Global pattern of soil temperature exceeding air temperature and its linkages with surface energy fluxes

Abstract

Understanding the pattern of changes in extreme heat is crucial to developing climate change adaptation strategies. Existing studies mostly focus on changes in air temperature and tend to overlook soil temperature; however, changes in extreme heat in air and soil can be inconsistent under global change and water–carbon cycling may be more sensitive to soil condition. In this study, we examine the global pattern of long-term trends in the difference between air temperature and soil temperature (T_soil − T_2m) for the hottest month of the year during the period of 1961–2022. The results show that in certain hotspots, such as the middle and high latitudes of Eurasia, the Mediterranean, and the Western United States, the increasing trend in soil temperature has exceeded the increasing trend in 2 m air temperature during the warm season, implying that the land surface can contribute to the increase in air temperature extreme by releasing more heat than before. Our study suggest that the effect of soil temperature to air temperature is strongly related to the partitioning of surface latent heat, sensible heat (H) and soil heat flux (G).

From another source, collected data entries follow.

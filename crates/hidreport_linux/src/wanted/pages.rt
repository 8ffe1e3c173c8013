//! What usages ask for, by their page.
ghost use Rattle.std.specs.Prelude.{◌≡◌, Err};
ghost use Rattle.hidreport_linux.specs.Events.{battery_or_other, code, consumer, keyboard, is_ignored, is_key_of_a_byte, is_listed, is_no_key, is_of_battery, listed_or, on_other_page, on_page, other, shared};
ghost use Rattle.hidreport_linux.specs.declared.event_code.EventType.TheVariants.{Key};
ghost use Rattle.hidreport_linux.specs.declared.unmapped.Unmapped.TheVariants.{Ignored};

use super::buttons::button;
use super::desktop::desktop;
use super::digitizers::digitizer;
use super::{Role, Wanted};
use crate::code_rows::listed;
use crate::event_code::EventCode;
use crate::place::Place;
use crate::unmapped::Unmapped;

/// What a usage of a page asks for.
pub(crate) fn wanted_of(page: u32, usage: u32, place: &Place) -> Result<Wanted, Unmapped>
    ensures { result ≡ on_page page usage place.now }
{
    let id = usage % 0x1_0000;
    if page == 0x01 {
        desktop(usage, place)
    } else if page == 0x06 {
        battery_or_other(id == 0x20, place)
    } else if page == 0x07 {
        keyboard(usage)
    } else if page == 0x09 {
        button(id, place)
    } else if page == 0x0c {
        consumer(usage)
    } else if page == 0x0d {
        digitizer(usage, place)
    } else if page == 0x85 {
        battery_or_other(is_of_battery(id), place)
    } else {
        on_other_page(page, usage, place)
    }
}

/// What a usage of any other page asks for.
#[tactic(auto, unfolding(crate::specs::Events::on_other_page))]
fn on_other_page(page: u32, usage: u32, place: &Place) -> Result<Wanted, Unmapped>
    ensures { result ≡ on_other_page page usage place.now }
{
    if is_listed(page) {
        listed_or_ignored(usage)
    } else if is_ignored(page) {
        Err(Unmapped::Ignored)
    } else {
        other(place)
    }
}

/// Whether hid-input knows of a page what the table has.
fn is_listed(page: u32) -> bool
    ensures { result ≡ is_listed page }
{
    page == 0x02
        || page == 0x08
        || page == 0x0b
        || page == 0x0f
        || page == 0x90
        || page == 0xff01
        || page == 0xff7f
}

/// Whether hid-input ignores all of a page.
fn is_ignored(page: u32) -> bool
    ensures { result ≡ is_ignored page }
{
    page == 0x00
        || page == 0xff
        || page == 0xff00
        || page == 0xff09
        || page == 0xff43
        || page == 0xffbc
}

/// Whether a usage of Battery System is of a battery's charge.
fn is_of_battery(id: u32) -> bool
    ensures { result ≡ is_of_battery id }
{
    id == 0x44 || id == 0x65
}

/// What a usage asks for that hid-input doesn't know.
#[tactic(auto, unfolding(crate::specs::Events::other))]
pub(crate) fn other(place: &Place) -> Result<Wanted, Unmapped>
    ensures { result ≡ other place.now }
{
    if place.is_bit {
        Wanted::own(EventCode::key(0x100))
    } else if place.is_relative {
        Wanted::own(EventCode::relative(0x09))
    } else {
        Wanted::own(EventCode::absolute(0x28))
    }
}

/// What the table has, or nothing.
#[tactic(auto, unfolding(crate::specs::Events::listed_or))]
pub(crate) fn listed_or_ignored(usage: u32) -> Result<Wanted, Unmapped>
    ensures { result ≡ listed_or (Err Ignored) usage }
{
    match listed(usage) {
        Some(wanted) => Ok(wanted),
        None => Err(Unmapped::Ignored),
    }
}

/// What the table has, or `KEY_UNKNOWN`.
#[tactic(auto, unfolding(crate::specs::Events::listed_or))]
fn listed_or_unknown(usage: u32) -> Result<Wanted, Unmapped>
    ensures { result ≡ listed_or (shared (code Key 0xf0)) usage }
{
    match listed(usage) {
        Some(wanted) => Ok(wanted),
        None => Wanted::shared(EventCode::key(0xf0)),
    }
}

/// Keyboard/Keypad: no key is below 4, and one above FF doesn't share `KEY_UNKNOWN`.
#[tactic(auto, unfolding(crate::specs::Events::keyboard))]
fn keyboard(usage: u32) -> Result<Wanted, Unmapped>
    ensures { result ≡ keyboard usage }
{
    if is_no_key(usage) {
        Err(Unmapped::Ignored)
    } else if is_key_of_a_byte(usage) {
        listed_or_unknown(usage)
    } else {
        Wanted::own(EventCode::key(0xf0))
    }
}

fn is_no_key(usage: u32) -> bool
    ensures { result ≡ is_no_key usage }
{
    usage / 4 == 0x0001_c000
}

fn is_key_of_a_byte(usage: u32) -> bool
    ensures { result ≡ is_key_of_a_byte usage }
{
    usage / 0x100 == 0x0700
}

/// Consumer: keys, a volume and a wheel.
#[tactic(auto, unfolding(crate::specs::Events::consumer))]
fn consumer(usage: u32) -> Result<Wanted, Unmapped>
    ensures { result ≡ consumer usage }
{
    match usage {
        0x000c_0000 => Err(Unmapped::Ignored),
        0x000c_00e0 => Wanted::asks(EventCode::absolute(0x20), true, Role::Volume),
        0x000c_0238 => Wanted::asks(EventCode::relative(0x0c), false, Role::SideWheel),
        _ => listed_or_unknown(usage),
    }
}

/// What is the battery's, or what hid-input doesn't know.
#[tactic(auto, unfolding(crate::specs::Events::battery_or_other))]
fn battery_or_other(is_battery: bool, place: &Place) -> Result<Wanted, Unmapped>
    ensures { result ≡ battery_or_other is_battery place.now }
{
    if is_battery {
        return Err(Unmapped::Battery);
    }
    other(place)
}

In the hot spots, T_soil − T_2m was significantly positively correlated with H and G while a significant negative correlation was found with evaporative fraction (EF) (p< 0.05), and the significant correlations with G and EF exhibit greater spatial heterogeneity. Moreover, the higher the degree of vegetation cover and soil moisture the smaller the difference between soil and air high temperatures. Therefore, changes in vegetation cover and land use management may play an important role in regulating the range of soil and air temperature differences as well as land-atmosphere coupling effects on heat extreme.